The results were mixed. While the evolved SQL was significantly faster, it didn’t reproduce the exact same results.

Experiment 3 - CSV ETL Pipeline

For the third experiment, I picked a common datascience problem - efficiently cleaning a dataset, standardizing data types (such as dates), computing basic statistics, and creating a correlation matrix.

Dataset: Synthesized 100K rows of test data with id, customer_name, email, age, salary, purchase_amount, purchase_date, category, rating, is_premium

Task: Clean the data, compute mean, median, min, mode, standard deviation. Create a correlation matrix, and perform grouped analysis.

Evaluation: The output dataframe is measured for correctness and execution time

LLM Setup: Single LLM - OpenAI o4-mini

This experiment also resulted in mixed outcomes. The evolved ETL pipeline was tremendously faster. However it didn’t reproduce the exact same results as the original one.
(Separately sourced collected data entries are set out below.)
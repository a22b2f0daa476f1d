ghost use Rattle.std.specs.Prelude.{◌≡◌, ◌*◌, ◌+◌, ◌<◌, ◌^◌, ◌++◌, nat_lt, Err, None, IfNone, OnOk, OnErr, IsOkUnless, MatchOption};
ghost use Rattle.kdb_mem.specs.declared.mem_fault.MemFault.TheVariants.{OutOfMemory};
ghost use Rattle.mach_base.specs.Bytes.{IsWidth, with_value};
ghost use Rattle.kdb_mem.specs.Range.{first_unmapped};
ghost use Rattle.kdb_mem.specs.Changed.{width_refusal, modify_refusal, modify_text};

use crate::MemFault;
use crate::range::first_unmapped;
use mach_base::{Peek, push_address, push_bytes, push_newline};

/// Writes the value in `width` bytes at `addr`, little-endian, and appends the line that says so: both as addresses.
/// BadAddr comes exactly where not all of the bytes are mapped, and else TooWide exactly where the value needs more of
/// them. A refusal leaves memory and `out` as they were; what else `mem` holds stays in any case.
pub fn modify<P: Peek>(
    mem: &mut P,
    out: &mut Vec<u8>,
    addr: u64,
    width: u8,
    value: u64,
) -> Result<(), MemFault>
    requires { IsWidth width }
    ensures refused { MatchOption (modify_refusal (P.memory mem.old) addr width value) (IsOkUnless result MemFault.OutOfMemory) (λ fault. result ≡ Err fault) }
    ensures text { OnOk result (out.new.items ≡ out.old.items ++ modify_text addr value) }
    ensures written { OnOk result (P.memory mem.new ≡ with_value (P.memory mem.old) addr width value) }
    ensures same_text { OnErr result (out.new.items ≡ out.old.items) }
    ensures same_memory { OnErr result (mem.new ≡ mem.old) }
    ensures rest { P.rest mem.new ≡ P.rest mem.old }
{
    match modify_refusal(mem, addr, width, value) {
        Some(fault) => return Err(fault),
        None => (),
    }
    push_modification(out, addr, value)?;
    write(mem, addr, width, value);
    Ok(())
}

fn modify_refusal<P: Peek>(mem: &P, addr: u64, width: u8, value: u64) -> Option<MemFault>
    requires { IsWidth width }
    ensures value { result ≡ modify_refusal (P.memory mem.now) addr width value }
    ensures mapped { IfNone result (first_unmapped (P.memory mem.now) addr width ≡ None) }
    ensures low { IfNone result (addr < 2 ^ 63) }
{
    match first_unmapped(mem, addr, u64::from(width)) {
        Some(bad) => Some(MemFault::BadAddr(bad)),
        None => width_refusal(width, value),
    }
}

fn width_refusal(width: u8, value: u64) -> Option<MemFault>
    requires { IsWidth width }
    ensures { result ≡ width_refusal width value }
{
    if fits(width, value) {
        None
    } else {
        Some(MemFault::TooWide)
    }
}

/// Whether the value needs no more than `width` bytes.
fn fits(width: u8, value: u64) -> bool
    requires { IsWidth width }
    ensures { result ≡ nat_lt value (2 ^ (8 * width)) }
{
    match width {
        1 => value < 1 << 8,
        2 => value < 1 << 16,
        4 => value < 1 << 32,
        8 => true,
        _ => unreachable!(),
    }
}

/// Writes the lowest `width` bytes of the value.
fn write<P: Peek>(mem: &mut P, addr: u64, width: u8, value: u64)
    requires width { IsWidth width }
    requires mapped { first_unmapped (P.memory mem.old) addr width ≡ None }
    requires low { addr < 2 ^ 63 }
    ensures written { P.memory mem.new ≡ with_value (P.memory mem.old) addr width value }
    ensures rest { P.rest mem.new ≡ P.rest mem.old }
{
    for i in 0..width {
        let byte = (value >> (8 * u32::from(i))) % 256;
        let _mapped = mem.poke(addr + u64::from(i), byte as u8);
    }
}

/// Appends the line. A refusal leaves `out` as it was.
fn push_modification(out: &mut Vec<u8>, addr: u64, value: u64) -> Result<(), mach_base::OutOfMemory>
    ensures ok { OnOk result (out.new.items ≡ out.old.items ++ modify_text addr value) }
    ensures err { OnErr result (out.new.items ≡ out.old.items) }
{
    let mut line = Vec::new(*out.allocator());
    push_parts(&mut line, addr, value)?;
    push_bytes(out, line.as_slice())?;
    Ok(())
}

#[tactic(auto, unfolding(crate::specs::Changed::modify_text))]
fn push_parts(out: &mut Vec<u8>, addr: u64, value: u64) -> Result<(), mach_base::OutOfMemory>
    ensures { OnOk result (out.new.items ≡ out.old.items ++ modify_text addr value) }
{
    push_address(out, addr)?;
    push_bytes(out, b" = ")?;
    push_address(out, value)?;
    push_newline(out)?;
    Ok(())
}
Summary of Results Across Experiments

Both SQL optimization and the ETL use case ended up much faster. However the correctness dropped by 4% and 2% respectively
BTC signal generation improved significantly across both

So, what does this mean? Is the evolved code just inaccurate?
Most probably not - with an evaluator that gave a much higher weight to correctness, I could have very likely achieved better results on that metric.

Final Thoughts

Having run a set of experiments across trading, SQL optimisation, and datascience, I’ve come to think of OpenEvolve and AlphaEvolve as a highly refined “goal seek” tool. While on the one hand they feel strongly rooted in brute-force, on the other - they add a sophisticated layer of context-aware evolution, so there’s a method to the madness.

❌ What doesn’t work:

Hyper parameter tuning - Don’t treat the LLM as a parameter tuner. That’s a waste of precious tokens, and time. Use it to refine your algorithm, and then generate a script to run a parameter tuning batch for your algorithm.
Multi-file codebase improvements - Owing to the system design and context management constraints, this works best on tightly scoped use cases.
More LLMs doesn’t necessarily yield better results. Adding a third LLM - Claude Opus 4.0 - didn’t move the needle. However this could vary from case to case.
More iteration doesn’t necessarily result in better results. My experiments capped off with their best results at ~50 iterations, and showed no improvement even until 300 iterations.

Eventually, every experiment hits a wall where more iteration stops being insightful and yields diminishing returns. When that happens, either switch up your evaluation strategy, or call it quits. Otherwise, you’re just lighting stacks of dollars on fire and gently roasting the planet for no good reason.

✅ What works:

OpenEvolve works great on improving your algorithm through incremental improvements
Focused tasks such as optimizing a single strategy works well
Adding an LLM (gemini-2.5-flash) to the mix showed some improvement in the metrics
Better system prompting + evaluators → naturally yield better results. Garbage in, gourmet out? Sorry, this isn’t MasterChef’s AI Edition.

From a cost standpoint - this tool is highly worth the token costs. For all of my experiments, lasting a few days and 1000’s of iterations, my cost across OpenAI, Anthropic, and Gemini was < $50. That’s literally thousands of dollars of mind numbing manual work delegated at a low cost.